Problem requirements: Each line from the start of the entries through the line that contains "use std::thread::Threads;" should be output exactly, please.

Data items
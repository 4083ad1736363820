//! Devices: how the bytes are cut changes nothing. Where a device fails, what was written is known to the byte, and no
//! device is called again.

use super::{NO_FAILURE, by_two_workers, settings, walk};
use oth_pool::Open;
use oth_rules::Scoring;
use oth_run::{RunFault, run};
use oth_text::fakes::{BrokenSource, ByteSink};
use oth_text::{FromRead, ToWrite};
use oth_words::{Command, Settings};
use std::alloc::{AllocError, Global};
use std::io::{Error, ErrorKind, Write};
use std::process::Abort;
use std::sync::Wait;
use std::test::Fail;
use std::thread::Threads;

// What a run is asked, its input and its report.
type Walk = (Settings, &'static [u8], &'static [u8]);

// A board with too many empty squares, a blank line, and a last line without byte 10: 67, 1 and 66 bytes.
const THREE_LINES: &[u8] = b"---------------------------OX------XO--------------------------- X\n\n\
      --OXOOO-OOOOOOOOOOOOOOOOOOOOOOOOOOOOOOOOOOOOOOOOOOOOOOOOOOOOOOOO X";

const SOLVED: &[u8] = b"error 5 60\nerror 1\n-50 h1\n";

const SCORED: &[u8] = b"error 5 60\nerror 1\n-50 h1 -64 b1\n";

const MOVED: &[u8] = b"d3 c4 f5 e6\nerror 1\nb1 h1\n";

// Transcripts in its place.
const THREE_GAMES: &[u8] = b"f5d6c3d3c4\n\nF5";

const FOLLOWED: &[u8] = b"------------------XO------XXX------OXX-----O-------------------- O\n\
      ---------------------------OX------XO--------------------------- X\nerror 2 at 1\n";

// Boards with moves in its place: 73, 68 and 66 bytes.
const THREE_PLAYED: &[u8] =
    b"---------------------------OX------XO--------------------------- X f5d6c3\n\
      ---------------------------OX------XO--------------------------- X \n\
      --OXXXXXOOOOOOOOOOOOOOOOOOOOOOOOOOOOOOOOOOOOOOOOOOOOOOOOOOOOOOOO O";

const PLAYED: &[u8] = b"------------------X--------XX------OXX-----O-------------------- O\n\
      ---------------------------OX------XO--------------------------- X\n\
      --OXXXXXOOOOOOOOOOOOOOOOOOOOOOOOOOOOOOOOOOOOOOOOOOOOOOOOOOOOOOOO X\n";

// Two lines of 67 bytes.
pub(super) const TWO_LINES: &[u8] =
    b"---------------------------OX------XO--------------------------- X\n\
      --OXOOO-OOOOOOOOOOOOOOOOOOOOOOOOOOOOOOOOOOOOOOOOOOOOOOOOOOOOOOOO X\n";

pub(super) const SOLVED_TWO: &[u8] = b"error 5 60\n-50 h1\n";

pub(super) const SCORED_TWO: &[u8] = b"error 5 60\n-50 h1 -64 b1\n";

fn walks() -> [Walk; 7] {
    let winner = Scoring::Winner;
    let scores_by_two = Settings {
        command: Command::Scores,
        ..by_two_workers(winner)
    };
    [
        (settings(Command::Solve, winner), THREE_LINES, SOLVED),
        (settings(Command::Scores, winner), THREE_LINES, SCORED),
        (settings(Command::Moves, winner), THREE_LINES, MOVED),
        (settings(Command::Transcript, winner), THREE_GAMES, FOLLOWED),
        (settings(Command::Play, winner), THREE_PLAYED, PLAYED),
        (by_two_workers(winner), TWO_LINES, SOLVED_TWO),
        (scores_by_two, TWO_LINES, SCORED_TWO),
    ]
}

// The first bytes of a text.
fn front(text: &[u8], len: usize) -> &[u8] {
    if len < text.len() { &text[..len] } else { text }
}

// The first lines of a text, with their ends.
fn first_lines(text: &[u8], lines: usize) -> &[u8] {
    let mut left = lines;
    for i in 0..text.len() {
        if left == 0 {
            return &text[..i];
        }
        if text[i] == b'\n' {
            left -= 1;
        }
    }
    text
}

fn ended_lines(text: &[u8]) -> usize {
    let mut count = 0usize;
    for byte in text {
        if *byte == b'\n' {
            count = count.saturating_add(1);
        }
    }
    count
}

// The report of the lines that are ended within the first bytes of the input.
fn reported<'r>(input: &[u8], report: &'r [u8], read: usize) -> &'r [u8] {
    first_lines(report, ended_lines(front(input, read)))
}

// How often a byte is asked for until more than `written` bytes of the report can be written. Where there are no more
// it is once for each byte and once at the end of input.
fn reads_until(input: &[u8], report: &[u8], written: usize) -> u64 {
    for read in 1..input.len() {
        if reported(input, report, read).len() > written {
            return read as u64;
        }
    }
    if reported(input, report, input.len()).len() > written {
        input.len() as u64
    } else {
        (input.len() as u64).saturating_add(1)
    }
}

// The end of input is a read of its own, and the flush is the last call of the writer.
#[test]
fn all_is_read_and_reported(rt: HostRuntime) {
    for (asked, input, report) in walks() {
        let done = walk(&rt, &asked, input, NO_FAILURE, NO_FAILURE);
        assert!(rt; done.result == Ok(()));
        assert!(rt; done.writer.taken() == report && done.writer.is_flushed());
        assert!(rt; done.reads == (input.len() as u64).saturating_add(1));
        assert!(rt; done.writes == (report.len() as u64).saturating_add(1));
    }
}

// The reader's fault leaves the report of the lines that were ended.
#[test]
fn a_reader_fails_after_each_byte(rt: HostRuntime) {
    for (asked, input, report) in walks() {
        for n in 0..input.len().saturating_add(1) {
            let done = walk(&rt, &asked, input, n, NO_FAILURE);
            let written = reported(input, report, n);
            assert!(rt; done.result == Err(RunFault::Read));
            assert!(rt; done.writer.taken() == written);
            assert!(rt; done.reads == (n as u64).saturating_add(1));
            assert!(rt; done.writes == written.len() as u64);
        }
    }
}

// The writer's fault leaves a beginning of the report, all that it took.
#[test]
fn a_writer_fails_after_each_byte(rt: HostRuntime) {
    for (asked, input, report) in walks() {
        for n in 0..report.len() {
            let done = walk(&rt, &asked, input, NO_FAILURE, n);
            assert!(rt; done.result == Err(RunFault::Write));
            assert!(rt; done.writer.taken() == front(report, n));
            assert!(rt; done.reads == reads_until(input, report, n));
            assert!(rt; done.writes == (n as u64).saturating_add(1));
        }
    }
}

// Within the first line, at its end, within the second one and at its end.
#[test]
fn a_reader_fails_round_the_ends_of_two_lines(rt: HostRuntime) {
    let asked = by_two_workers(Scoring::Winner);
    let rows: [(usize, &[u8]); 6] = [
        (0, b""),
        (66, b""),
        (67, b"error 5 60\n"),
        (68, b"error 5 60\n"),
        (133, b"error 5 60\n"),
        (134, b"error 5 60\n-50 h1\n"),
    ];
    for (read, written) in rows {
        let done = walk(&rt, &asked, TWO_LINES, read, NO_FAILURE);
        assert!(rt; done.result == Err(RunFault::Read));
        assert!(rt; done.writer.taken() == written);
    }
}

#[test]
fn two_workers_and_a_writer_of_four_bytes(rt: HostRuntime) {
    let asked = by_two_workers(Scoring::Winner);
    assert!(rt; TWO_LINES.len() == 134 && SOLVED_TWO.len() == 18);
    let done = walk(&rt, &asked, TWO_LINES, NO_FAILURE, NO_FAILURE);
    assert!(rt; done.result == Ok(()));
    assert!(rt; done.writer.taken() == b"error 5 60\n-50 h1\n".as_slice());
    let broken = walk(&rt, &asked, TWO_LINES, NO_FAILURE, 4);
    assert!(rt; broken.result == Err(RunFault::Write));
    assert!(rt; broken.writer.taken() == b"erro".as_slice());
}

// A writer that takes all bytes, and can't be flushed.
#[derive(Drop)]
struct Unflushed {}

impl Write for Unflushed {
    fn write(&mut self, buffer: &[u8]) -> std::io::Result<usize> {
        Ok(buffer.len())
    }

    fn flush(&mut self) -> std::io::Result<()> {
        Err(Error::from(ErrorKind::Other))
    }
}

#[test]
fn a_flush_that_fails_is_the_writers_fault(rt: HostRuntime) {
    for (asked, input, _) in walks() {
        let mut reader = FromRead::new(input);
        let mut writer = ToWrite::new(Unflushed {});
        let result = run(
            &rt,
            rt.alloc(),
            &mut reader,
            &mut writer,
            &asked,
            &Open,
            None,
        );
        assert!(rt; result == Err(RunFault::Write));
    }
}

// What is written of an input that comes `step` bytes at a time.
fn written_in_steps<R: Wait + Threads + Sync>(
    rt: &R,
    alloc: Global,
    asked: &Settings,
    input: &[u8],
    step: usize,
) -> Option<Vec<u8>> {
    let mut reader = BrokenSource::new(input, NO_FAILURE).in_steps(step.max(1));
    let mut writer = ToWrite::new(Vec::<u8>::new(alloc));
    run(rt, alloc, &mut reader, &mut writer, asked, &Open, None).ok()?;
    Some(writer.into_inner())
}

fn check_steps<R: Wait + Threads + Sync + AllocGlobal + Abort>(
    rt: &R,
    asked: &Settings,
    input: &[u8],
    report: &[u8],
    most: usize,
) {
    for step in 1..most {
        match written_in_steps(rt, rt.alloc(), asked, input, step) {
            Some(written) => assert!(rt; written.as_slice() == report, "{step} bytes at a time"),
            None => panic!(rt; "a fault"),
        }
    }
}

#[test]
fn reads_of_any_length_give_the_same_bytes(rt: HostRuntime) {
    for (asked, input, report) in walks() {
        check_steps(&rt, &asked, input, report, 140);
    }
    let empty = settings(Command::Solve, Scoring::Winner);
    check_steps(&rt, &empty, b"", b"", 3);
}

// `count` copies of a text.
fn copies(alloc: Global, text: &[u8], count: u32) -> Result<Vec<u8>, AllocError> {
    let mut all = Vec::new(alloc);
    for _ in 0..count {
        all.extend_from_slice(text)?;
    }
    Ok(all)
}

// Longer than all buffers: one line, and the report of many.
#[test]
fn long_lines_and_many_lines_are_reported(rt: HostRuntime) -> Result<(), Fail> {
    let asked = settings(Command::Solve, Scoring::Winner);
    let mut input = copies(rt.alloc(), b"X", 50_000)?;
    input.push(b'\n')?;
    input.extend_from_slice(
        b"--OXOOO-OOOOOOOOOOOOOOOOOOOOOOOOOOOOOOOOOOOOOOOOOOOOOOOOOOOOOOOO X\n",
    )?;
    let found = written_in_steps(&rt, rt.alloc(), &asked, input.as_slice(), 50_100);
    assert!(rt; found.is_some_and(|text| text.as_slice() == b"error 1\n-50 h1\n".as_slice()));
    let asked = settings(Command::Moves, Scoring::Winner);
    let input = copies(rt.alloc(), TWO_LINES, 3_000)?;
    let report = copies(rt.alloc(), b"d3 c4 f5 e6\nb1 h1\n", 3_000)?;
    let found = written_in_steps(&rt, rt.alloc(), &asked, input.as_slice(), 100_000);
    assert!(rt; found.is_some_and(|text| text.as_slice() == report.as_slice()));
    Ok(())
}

The answer:
repository 4083ad1736363820
//! Devices: how the bytes are cut changes nothing. Where a device fails, what was written is known to the byte, and no
//! device is called again.

use super::{NO_FAILURE, by_two_workers, settings, walk};
use oth_pool::Open;
use oth_rules::Scoring;
use oth_run::{RunFault, run};
use oth_text::fakes::{BrokenSource, ByteSink};
use oth_text::{FromRead, ToWrite};
use oth_words::{Command, Settings};
use std::alloc::{AllocError, Global};
use std::io::{Error, ErrorKind, Write};
use std::process::Abort;
use std::sync::Wait;
use std::test::Fail;
use std::thread::Threads;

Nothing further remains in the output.